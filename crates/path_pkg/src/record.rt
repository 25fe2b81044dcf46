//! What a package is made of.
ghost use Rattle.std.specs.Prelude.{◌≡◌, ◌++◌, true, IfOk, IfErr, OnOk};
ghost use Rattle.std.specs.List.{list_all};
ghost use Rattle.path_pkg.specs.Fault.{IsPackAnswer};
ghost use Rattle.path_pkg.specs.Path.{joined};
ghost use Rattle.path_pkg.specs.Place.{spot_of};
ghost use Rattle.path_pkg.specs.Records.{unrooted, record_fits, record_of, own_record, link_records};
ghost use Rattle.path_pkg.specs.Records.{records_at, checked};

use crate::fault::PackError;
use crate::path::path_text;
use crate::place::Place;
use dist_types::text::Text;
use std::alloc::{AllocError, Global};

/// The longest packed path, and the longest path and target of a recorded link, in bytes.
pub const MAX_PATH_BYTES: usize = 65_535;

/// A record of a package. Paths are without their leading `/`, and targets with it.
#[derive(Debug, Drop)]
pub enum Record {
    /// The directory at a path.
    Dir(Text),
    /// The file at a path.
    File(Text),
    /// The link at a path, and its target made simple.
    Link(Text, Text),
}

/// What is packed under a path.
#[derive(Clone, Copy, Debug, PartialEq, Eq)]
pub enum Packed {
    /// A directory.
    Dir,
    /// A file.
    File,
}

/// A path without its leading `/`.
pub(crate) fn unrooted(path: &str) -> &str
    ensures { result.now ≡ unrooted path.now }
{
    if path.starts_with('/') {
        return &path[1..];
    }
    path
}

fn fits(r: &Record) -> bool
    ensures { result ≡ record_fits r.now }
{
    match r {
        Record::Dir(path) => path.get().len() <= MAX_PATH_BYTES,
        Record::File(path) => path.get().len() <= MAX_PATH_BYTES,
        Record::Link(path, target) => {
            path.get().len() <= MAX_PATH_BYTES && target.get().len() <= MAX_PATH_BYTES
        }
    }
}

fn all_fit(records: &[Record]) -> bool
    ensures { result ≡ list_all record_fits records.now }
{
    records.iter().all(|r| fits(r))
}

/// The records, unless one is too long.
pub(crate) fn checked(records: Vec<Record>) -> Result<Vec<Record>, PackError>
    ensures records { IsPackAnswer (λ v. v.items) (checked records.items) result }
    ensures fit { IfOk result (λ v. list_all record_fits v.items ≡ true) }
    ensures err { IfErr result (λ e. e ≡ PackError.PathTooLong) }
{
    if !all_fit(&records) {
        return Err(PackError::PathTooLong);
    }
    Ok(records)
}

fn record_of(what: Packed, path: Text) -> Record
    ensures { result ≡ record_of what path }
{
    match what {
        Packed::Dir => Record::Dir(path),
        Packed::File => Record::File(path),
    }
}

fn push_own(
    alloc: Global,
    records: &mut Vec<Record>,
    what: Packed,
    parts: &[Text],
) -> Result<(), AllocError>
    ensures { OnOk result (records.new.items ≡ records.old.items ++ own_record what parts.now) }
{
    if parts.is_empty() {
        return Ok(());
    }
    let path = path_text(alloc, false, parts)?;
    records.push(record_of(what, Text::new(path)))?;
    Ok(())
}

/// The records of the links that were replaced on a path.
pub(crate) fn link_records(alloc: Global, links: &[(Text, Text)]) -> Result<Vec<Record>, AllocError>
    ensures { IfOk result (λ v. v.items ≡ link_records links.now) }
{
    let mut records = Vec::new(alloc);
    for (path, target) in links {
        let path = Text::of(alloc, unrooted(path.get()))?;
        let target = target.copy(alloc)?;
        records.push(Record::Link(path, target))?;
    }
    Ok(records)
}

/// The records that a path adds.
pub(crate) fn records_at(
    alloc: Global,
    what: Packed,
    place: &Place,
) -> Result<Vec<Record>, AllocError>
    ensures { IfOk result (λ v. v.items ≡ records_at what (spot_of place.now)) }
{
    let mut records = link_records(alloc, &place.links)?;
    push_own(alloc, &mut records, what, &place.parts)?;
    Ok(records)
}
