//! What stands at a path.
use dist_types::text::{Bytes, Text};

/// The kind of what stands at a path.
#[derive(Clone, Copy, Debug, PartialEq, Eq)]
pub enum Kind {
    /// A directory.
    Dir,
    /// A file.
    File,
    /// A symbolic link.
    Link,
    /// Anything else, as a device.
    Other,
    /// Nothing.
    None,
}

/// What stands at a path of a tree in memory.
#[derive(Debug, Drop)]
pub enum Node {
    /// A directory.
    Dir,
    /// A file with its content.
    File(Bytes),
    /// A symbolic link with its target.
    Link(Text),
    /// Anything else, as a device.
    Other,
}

========================================

Work task: Reproduce all data above, unchanged.

Worked solution:
filename crates/path_pkg/src/record.rt
repository 25fe2b81044dcf46
//! What a package is made of.
ghost use Rattle.std.specs.Prelude.{◌≡◌, ◌++◌, true, IfOk, IfErr, OnOk};
ghost use Rattle.std.specs.List.{list_all};
ghost use Rattle.path_pkg.specs.Fault.{IsPackAnswer};
ghost use Rattle.path_pkg.specs.Path.{joined};
ghost use Rattle.path_pkg.specs.Place.{spot_of};
ghost use Rattle.path_pkg.specs.Records.{unrooted, record_fits, record_of, own_record, link_records};
ghost use Rattle.path_pkg.specs.Records.{records_at, checked};

use crate::fault::PackError;
use crate::path::path_text;
use crate::place::Place;
use dist_types::text::Text;
use std::alloc::{AllocError, Global};

/// The longest packed path, and the longest path and target of a recorded link, in bytes.
pub const MAX_PATH_BYTES: usize = 65_535;

/// A record of a package. Paths are without their leading `/`, and targets with it.
#[derive(Debug, Drop)]
pub enum Record {
    /// The directory at a path.
    Dir(Text),
    /// The file at a path.
    File(Text),
    /// The link at a path, and its target made simple.
    Link(Text, Text),
}

/// What is packed under a path.
#[derive(Clone, Copy, Debug, PartialEq, Eq)]
pub enum Packed {
    /// A directory.
    Dir,
    /// A file.
    File,
}

/// A path without its leading `/`.
pub(crate) fn unrooted(path: &str) -> &str
    ensures { result.now ≡ unrooted path.now }
{
    if path.starts_with('/') {
        return &path[1..];
    }
    path
}

fn fits(r: &Record) -> bool
    ensures { result ≡ record_fits r.now }
{
    match r {
        Record::Dir(path) => path.get().len() <= MAX_PATH_BYTES,
        Record::File(path) => path.get().len() <= MAX_PATH_BYTES,
        Record::Link(path, target) => {
            path.get().len() <= MAX_PATH_BYTES && target.get().len() <= MAX_PATH_BYTES
        }
    }
}

fn all_fit(records: &[Record]) -> bool
    ensures { result ≡ list_all record_fits records.now }
{
    records.iter().all(|r| fits(r))
}

/// The records, unless one is too long.
pub(crate) fn checked(records: Vec<Record>) -> Result<Vec<Record>, PackError>
    ensures records { IsPackAnswer (λ v. v.items) (checked records.items) result }
    ensures fit { IfOk result (λ v. list_all record_fits v.items ≡ true) }
    ensures err { IfErr result (λ e. e ≡ PackError.PathTooLong) }
{
    if !all_fit(&records) {
        return Err(PackError::PathTooLong);
    }
    Ok(records)
}

fn record_of(what: Packed, path: Text) -> Record
    ensures { result ≡ record_of what path }
{
    match what {
        Packed::Dir => Record::Dir(path),
        Packed::File => Record::File(path),
    }
}

fn push_own(
    alloc: Global,
    records: &mut Vec<Record>,
    what: Packed,
    parts: &[Text],
) -> Result<(), AllocError>
    ensures { OnOk result (records.new.items ≡ records.old.items ++ own_record what parts.now) }
{
    if parts.is_empty() {
        return Ok(());
    }
    let path = path_text(alloc, false, parts)?;
    records.push(record_of(what, Text::new(path)))?;
    Ok(())
}

/// The records of the links that were replaced on a path.
pub(crate) fn link_records(alloc: Global, links: &[(Text, Text)]) -> Result<Vec<Record>, AllocError>
    ensures { IfOk result (λ v. v.items ≡ link_records links.now) }
{
    let mut records = Vec::new(alloc);
    for (path, target) in links {
        let path = Text::of(alloc, unrooted(path.get()))?;
        let target = target.copy(alloc)?;
        records.push(Record::Link(path, target))?;
    }
    Ok(records)
}

/// The records that a path adds.
pub(crate) fn records_at(
    alloc: Global,
    what: Packed,
    place: &Place,
) -> Result<Vec<Record>, AllocError>
    ensures { IfOk result (λ v. v.items ≡ records_at what (spot_of place.now)) }
{
    let mut records = link_records(alloc, &place.links)?;
    push_own(alloc, &mut records, what, &place.parts)?;
    Ok(records)
}
//! What stands at a path.
use dist_types::text::{Bytes, Text};

/// The kind of what stands at a path.
#[derive(Clone, Copy, Debug, PartialEq, Eq)]
pub enum Kind {
    /// A directory.
    Dir,
    /// A file.
    File,
    /// A symbolic link.
    Link,
    /// Anything else, as a device.
    Other,
    /// Nothing.
    None,
}

/// What stands at a path of a tree in memory.
#[derive(Debug, Drop)]
pub enum Node {
    /// A directory.
    Dir,
    /// A file with its content.
    File(Bytes),
    /// A symbolic link with its target.
    Link(Text),
    /// Anything else, as a device.
    Other,
}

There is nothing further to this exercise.